# Newbie with too much money



## JJB (2 June 2011)

Ok, so I have recently finished sueing an insurance company for an injury I recieved in an accident that wasnt my fualt.

I'll cut straight to the chase, I have a little over 200k to do what I want with and would prefer it to grow.

I know little about investing and currently only have the money sitting in a 5.5% account as I just got it.

Advice please

Cheers


----------



## Joe Blow (2 June 2011)

Okay, here we go again:

JJB, it is illegal for any ASF member to offer you financial advice about how to invest your capital. The only individuals legally permitted to offer this kind of specific financial advice are licensed financial advisers. If you are unsure as to how to invest your capital, I suggest you consult one. These links from ASIC's consumer website may be useful to you:

Getting financial advice
Choosing a financial adviser

Plenty more info at that website that you may find useful.

Any posts in this thread that offer you specific financial advice will have to be removed.

If you prefer to take a do-it-yourself approach then you will need to start educating yourself. A good place to start is here at ASF in the *Beginners Lounge* forum and the *Trading/Investing Resources* forum. Plenty of interesting threads in there that contain useful discussion and links to various resources both online and offline.


----------



## Sdajii (2 June 2011)

Beer. Beer and hookers.

Probably more than you deserve to spend it on considering how you got it


----------



## pixel (2 June 2011)

JJB said:


> Ok, so I have recently finished sueing an insurance company for an injury I recieved in an accident that wasnt my fualt.
> 
> I'll cut straight to the chase, I have a little over 200k to do what I want with and would prefer it to grow.
> 
> ...



*"Give it to me! Give it to me!"*

 This piece of advice is not advice, but only my considered opinion. Posters at ASF are neither able nor allowed to give "advice".


----------



## mr. jeff (2 June 2011)

JJB said:


> Ok, so I have recently finished sueing an insurance company for an injury I recieved in an accident that wasnt my fualt.
> 
> I'll cut straight to the chase, I have a little over 200k to do what I want with and would prefer it to grow.
> 
> ...




Joe looks like this is your test - some media person/financial advice investigator type authority checking out the forum for discipline! 

NO ADVICE HERE, NEVER HAS BEEN, NEVER WILL BE.
 this is my advice to you.

It is about as possible to sue an insurance company successfully as it is lick your own ear without cutting it off first.


----------



## pixel (2 June 2011)

mr. jeff said:


> Joe looks like this is your test - some media person/financial advice investigator type authority checking out the forum for discipline!
> 
> NO ADVICE HERE, NEVER HAS BEEN, NEVER WILL BE.
> this is my advice to you.
> ...



 you could be right, Mr. J


----------



## Tanaka (2 June 2011)

Joe Blow said:


> Okay, here we go again:




You gotta love Joe's patience, if only he had a dollar every time.


----------



## drsmith (2 June 2011)

JJB said:


> I'll cut straight to the chase, I have a little over 200k to do what I want with and would prefer it to grow.
> 
> I know little about investing and currently only have the money sitting in a 5.5% account as I just got it.

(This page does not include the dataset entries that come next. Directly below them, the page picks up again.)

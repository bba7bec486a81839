//! Progress of many tasks, drawn on a terminal: the crate that users depend on.
//!
//! Begin with a [`tree::Root`], which threads share, and with [`render::line::render`], which draws
//! its tasks from threads of its own. A [`progress::Reporter`] wraps a task with an allocator and a
//! clock: it counts steps, sends messages and adds tasks below.
//!
//! ```
//! use prodash::progress::Reporter;
//! use prodash::render::line::{Options, StreamKind, render};
//! use prodash::time::SystemClock;
//! use prodash::tree::Root;
//! use std::sync::Arc;
//!
//! let root = Root::new(rt, alloc)?;
//! let clock = Arc::new(alloc, SystemClock::new(rt))?;
//! let (weak, shared) = (root.downgrade()?, Arc::try_clone(&clock)?);
//! let options = Options::detect(&rt, StreamKind::Stderr);
//! let renderer = render(rt, alloc, rt.stderr(), weak, shared, options)?;
//!
//! let mut job = Reporter::new(alloc, root.add_child(alloc, "job")?, clock);
//! job.init(Some(2), None);
//! for name in ["fetch", "verify"] {
//!     let part = job.add_child(name)?;
//!     // `part` can move to a thread, and its row disappears when it is dropped
//!     part.done("is done")?;
//!     job.inc();
//! }
//! renderer.shutdown_and_wait();
//! ```
//!
//! Without threads, [`tree::run`] takes what happens to the tasks as a list of [`tree::Event`]s,
//! and a [`render::line::draw::Screen`] to write to. Each event gets a [`tree::Reply`]. Each `Tick`
//! draws a row for each task, below the messages that the tasks sent. To apply events one at a
//! time, make a [`tree::Session`].
//!
//! ```
//! use prodash::Text;
//! use prodash::progress::UNKNOWN;
//! use prodash::render::line::draw::{self, MemoryScreen};
//! use prodash::tree::{Event, RootOptions, SessionOptions, run};
//!
//! let events = vec![in alloc;
//!     Event::AddChild { parent: 0, name: Text::from_str(alloc, "task")?, id: UNKNOWN },
//!     Event::Init { item: 1, max: Some(10), unit: None },
//!     Event::Set { item: 1, step: 3 },
//!     Event::Tick { at: 0, show: true },
//! ]?;
//! let options = SessionOptions {
//!     root: RootOptions::default(),
//!     draw: draw::Options {
//!         terminal_dimensions: (40, 20),
//!         colored: false,
//!         ..draw::Options::default()
//!     },
//!     throughput: false,
//! };
//! let mut screen = MemoryScreen::new(alloc, 0)?;
//! let replies = run(alloc, &options, &events, &mut screen)?;
//! // screen.bytes() is " task 3/10 [=======>-------------------]", a line feed, and ESC [1A
//! ```
//!
//! Then see [`progress`] for what a task shows, [`unit`] for values as texts, [`messages`] for what
//! tasks report, [`tree`] for the tasks without a screen, and [`render::line`] for the screen
//! without a tree.
#![tactic(auto)]

pub mod bounds;
pub mod laws;
pub mod messages;
pub mod progress;
pub mod render;
pub mod throughput;
pub mod time;
pub mod tree;
pub mod unit;

pub use bounds::Runtime;
pub use prodash_base::{Refusal, Text, Throughput};
pub use prodash_core::traits::{BoxedProgress, Count, NestedProgress, Progress, Root, WeakRoot};
pub use unit::Unit;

For a start, you can do better than 5.5% on cash,

http://www.anz.com/aus/promo/olsdr/default.asp?sourcecode_1=QOK

or more generally,

http://www.infochoice.com.au/banking/savings-account/high-interest-savings-accounts/


----------



## youngone (2 June 2011)

<<< fellow newbie may need a good 10k  ka ching!


----------



## nunthewiser (3 June 2011)

i can help

pm me your contact details and an associate will be in touch shortly.


----------



## tothemax6 (3 June 2011)

You mean 'Newbie with _not enough_ money' .
Otherwise this is the wrong forum.

If I were in your shoes, I would simply spend the next two months sitting on the money and doing *nothing*. I am sure you have that itchy feeling of 'have a large amount of cash now, must do something with it'. Keep in mind that many lotto winners lose everything because of this itchy feeling.

Cool down.


----------



## youngone (3 June 2011)

If you want to get into investment, why not invest in a house. If i have 200k first thing would be a house. Money can be used on upgrading the house instead of rents and bills every week. Even rent out the rooms. 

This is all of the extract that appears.